What is expected
In the data below, find the line that contains "They set no" and the line that contains "(new : Book)". Copy both, plus every line between them, exactly.

=== Input data ===

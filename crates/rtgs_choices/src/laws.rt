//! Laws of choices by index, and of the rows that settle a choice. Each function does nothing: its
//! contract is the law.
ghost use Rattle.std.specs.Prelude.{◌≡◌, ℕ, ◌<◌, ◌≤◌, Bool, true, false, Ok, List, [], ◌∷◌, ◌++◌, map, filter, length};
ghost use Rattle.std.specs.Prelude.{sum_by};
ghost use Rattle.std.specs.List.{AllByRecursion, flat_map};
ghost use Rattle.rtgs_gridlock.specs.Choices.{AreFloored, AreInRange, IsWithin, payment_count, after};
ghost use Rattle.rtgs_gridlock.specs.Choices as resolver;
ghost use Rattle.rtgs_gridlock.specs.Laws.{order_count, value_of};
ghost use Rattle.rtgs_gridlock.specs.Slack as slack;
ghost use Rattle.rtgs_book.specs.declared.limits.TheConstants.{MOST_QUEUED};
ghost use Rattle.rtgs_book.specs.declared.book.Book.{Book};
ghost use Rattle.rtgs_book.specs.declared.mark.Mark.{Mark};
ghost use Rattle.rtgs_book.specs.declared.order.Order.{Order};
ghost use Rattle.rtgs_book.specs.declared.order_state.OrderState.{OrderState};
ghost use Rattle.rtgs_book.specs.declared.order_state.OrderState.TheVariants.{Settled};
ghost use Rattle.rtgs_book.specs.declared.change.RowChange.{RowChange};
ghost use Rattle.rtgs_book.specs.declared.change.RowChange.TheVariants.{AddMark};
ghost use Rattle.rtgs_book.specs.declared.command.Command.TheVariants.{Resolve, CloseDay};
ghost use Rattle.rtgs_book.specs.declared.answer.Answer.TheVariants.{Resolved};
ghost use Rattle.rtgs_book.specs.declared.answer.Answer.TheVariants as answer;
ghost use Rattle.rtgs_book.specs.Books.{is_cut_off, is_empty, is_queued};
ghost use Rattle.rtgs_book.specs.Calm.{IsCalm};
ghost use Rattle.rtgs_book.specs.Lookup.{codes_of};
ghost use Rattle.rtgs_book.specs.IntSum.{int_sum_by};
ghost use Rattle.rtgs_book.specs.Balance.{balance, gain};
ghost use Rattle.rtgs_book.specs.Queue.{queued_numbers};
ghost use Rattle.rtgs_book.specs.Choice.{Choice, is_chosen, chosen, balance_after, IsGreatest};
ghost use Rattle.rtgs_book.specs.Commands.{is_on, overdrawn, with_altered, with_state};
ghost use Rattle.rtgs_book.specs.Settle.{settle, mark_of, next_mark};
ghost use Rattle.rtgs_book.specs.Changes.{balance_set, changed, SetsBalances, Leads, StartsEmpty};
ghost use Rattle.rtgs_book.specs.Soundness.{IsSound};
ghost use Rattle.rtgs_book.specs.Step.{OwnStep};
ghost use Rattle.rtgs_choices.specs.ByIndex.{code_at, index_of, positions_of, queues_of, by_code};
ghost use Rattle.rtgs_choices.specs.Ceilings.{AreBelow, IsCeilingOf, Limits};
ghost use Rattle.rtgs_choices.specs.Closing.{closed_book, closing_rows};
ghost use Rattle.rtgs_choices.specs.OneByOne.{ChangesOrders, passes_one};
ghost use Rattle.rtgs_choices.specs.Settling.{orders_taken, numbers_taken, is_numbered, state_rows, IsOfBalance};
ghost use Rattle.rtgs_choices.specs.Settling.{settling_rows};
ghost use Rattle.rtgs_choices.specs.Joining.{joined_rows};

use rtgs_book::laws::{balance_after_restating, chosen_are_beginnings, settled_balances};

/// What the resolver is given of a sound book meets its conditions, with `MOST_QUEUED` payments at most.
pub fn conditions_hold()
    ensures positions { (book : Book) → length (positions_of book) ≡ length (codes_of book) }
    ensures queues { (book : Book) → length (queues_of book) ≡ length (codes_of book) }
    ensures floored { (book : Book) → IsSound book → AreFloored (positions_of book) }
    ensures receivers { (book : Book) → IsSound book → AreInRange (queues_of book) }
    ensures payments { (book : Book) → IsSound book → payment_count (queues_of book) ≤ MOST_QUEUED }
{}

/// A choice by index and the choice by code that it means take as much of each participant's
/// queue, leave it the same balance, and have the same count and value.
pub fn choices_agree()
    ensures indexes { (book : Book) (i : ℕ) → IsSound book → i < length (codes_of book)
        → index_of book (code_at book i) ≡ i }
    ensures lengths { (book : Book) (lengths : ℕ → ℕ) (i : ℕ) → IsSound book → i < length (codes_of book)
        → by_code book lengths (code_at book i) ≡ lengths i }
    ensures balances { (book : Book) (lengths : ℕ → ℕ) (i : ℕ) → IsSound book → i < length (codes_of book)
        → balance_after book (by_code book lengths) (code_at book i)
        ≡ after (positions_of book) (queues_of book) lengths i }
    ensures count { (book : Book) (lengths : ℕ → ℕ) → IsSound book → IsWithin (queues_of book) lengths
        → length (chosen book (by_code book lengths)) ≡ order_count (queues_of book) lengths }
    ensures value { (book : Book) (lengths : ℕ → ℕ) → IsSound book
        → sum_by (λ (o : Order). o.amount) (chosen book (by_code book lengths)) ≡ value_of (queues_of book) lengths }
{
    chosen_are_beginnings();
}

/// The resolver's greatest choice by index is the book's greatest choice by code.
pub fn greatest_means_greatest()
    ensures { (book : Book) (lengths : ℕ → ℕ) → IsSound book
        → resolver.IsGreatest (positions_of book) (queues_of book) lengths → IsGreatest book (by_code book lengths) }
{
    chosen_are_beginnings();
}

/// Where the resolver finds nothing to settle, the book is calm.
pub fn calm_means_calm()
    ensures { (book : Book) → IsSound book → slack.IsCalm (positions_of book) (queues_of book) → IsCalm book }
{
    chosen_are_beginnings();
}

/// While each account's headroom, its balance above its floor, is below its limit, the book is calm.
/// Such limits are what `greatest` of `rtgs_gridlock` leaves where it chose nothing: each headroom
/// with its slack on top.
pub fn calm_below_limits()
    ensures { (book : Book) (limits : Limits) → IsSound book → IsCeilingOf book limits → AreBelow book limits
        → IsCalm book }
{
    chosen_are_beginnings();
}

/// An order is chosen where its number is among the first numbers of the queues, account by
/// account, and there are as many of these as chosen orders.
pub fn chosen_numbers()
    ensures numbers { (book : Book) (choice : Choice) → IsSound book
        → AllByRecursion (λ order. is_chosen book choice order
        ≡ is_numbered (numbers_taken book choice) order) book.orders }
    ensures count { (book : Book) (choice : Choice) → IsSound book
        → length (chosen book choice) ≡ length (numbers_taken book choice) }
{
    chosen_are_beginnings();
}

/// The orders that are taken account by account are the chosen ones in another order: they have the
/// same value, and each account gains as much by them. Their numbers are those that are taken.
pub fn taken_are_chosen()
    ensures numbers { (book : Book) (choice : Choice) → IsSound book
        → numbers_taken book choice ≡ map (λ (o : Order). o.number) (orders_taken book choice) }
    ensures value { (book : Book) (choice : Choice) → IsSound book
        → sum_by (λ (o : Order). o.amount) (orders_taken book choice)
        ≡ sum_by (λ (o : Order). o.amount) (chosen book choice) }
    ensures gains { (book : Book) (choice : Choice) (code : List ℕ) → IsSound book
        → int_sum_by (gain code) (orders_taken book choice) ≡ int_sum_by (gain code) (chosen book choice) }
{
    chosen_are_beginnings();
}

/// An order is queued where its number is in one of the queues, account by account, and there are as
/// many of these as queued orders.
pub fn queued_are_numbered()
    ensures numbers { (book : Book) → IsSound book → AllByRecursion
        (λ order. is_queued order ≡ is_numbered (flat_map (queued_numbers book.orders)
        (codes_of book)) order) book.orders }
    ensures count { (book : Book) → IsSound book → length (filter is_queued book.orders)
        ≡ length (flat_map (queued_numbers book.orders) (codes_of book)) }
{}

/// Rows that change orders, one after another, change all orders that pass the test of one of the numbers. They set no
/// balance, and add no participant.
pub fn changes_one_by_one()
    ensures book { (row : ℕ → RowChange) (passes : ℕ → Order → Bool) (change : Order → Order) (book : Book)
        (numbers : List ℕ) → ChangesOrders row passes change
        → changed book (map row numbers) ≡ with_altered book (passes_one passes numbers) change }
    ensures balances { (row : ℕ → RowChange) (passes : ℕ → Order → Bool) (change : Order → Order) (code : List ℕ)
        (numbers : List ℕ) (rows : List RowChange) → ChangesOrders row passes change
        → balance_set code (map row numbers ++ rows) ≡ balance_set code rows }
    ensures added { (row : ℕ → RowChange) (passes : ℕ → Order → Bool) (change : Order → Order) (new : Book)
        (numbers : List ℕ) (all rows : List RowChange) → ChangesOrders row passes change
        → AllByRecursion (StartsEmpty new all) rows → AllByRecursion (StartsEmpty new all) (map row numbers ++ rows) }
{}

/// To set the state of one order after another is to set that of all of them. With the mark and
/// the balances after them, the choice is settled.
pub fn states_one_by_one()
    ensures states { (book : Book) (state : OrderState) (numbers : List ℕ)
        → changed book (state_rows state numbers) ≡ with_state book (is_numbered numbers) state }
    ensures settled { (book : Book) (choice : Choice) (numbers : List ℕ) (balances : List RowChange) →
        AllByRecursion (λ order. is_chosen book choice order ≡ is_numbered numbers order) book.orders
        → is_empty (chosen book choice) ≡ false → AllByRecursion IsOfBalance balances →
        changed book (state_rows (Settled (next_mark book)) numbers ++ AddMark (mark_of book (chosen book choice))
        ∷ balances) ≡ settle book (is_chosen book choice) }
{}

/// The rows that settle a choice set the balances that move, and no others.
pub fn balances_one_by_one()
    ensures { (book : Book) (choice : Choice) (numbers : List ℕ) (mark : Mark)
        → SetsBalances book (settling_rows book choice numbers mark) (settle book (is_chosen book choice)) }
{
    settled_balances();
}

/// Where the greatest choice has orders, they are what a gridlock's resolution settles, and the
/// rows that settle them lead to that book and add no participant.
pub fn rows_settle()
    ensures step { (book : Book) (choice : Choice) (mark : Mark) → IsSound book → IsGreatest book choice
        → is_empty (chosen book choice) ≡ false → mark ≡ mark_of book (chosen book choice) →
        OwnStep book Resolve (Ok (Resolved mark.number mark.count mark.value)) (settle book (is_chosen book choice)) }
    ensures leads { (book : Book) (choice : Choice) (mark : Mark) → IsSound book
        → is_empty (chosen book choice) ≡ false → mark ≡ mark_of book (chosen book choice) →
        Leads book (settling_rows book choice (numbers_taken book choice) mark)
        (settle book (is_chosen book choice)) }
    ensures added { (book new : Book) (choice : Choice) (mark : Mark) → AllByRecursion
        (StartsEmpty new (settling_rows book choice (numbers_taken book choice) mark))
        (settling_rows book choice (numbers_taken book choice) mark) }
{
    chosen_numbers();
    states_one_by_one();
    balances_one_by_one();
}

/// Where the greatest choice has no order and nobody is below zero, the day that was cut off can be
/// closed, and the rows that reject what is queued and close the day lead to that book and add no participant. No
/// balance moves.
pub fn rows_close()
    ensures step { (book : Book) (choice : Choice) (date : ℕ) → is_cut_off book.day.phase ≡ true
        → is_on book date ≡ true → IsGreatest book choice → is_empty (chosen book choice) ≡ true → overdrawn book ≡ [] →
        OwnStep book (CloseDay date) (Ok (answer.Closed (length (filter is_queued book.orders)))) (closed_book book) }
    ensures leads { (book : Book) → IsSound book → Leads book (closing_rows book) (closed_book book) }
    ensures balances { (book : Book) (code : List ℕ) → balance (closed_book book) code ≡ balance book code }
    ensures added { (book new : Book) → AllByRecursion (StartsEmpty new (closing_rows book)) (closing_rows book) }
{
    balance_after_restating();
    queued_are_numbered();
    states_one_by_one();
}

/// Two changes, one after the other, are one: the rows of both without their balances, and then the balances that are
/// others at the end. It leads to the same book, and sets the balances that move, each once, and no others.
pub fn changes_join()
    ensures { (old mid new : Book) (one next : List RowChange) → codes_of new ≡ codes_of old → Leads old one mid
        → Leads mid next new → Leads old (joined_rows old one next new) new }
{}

===

Your solution
/// Rows that change orders, one after another, change all orders that pass the test of one of the numbers. They set no
/// balance, and add no participant.
pub fn changes_one_by_one()
    ensures book { (row : ℕ → RowChange) (passes : ℕ → Order → Bool) (change : Order → Order) (book : Book)
        (numbers : List ℕ) → ChangesOrders row passes change
        → changed book (map row numbers) ≡ with_altered book (passes_one passes numbers) change }
    ensures balances { (row : ℕ → RowChange) (passes : ℕ → Order → Bool) (change : Order → Order) (code : List ℕ)
        (numbers : List ℕ) (rows : List RowChange) → ChangesOrders row passes change
        → balance_set code (map row numbers ++ rows) ≡ balance_set code rows }
    ensures added { (row : ℕ → RowChange) (passes : ℕ → Order → Bool) (change : Order → Order) (new : Book)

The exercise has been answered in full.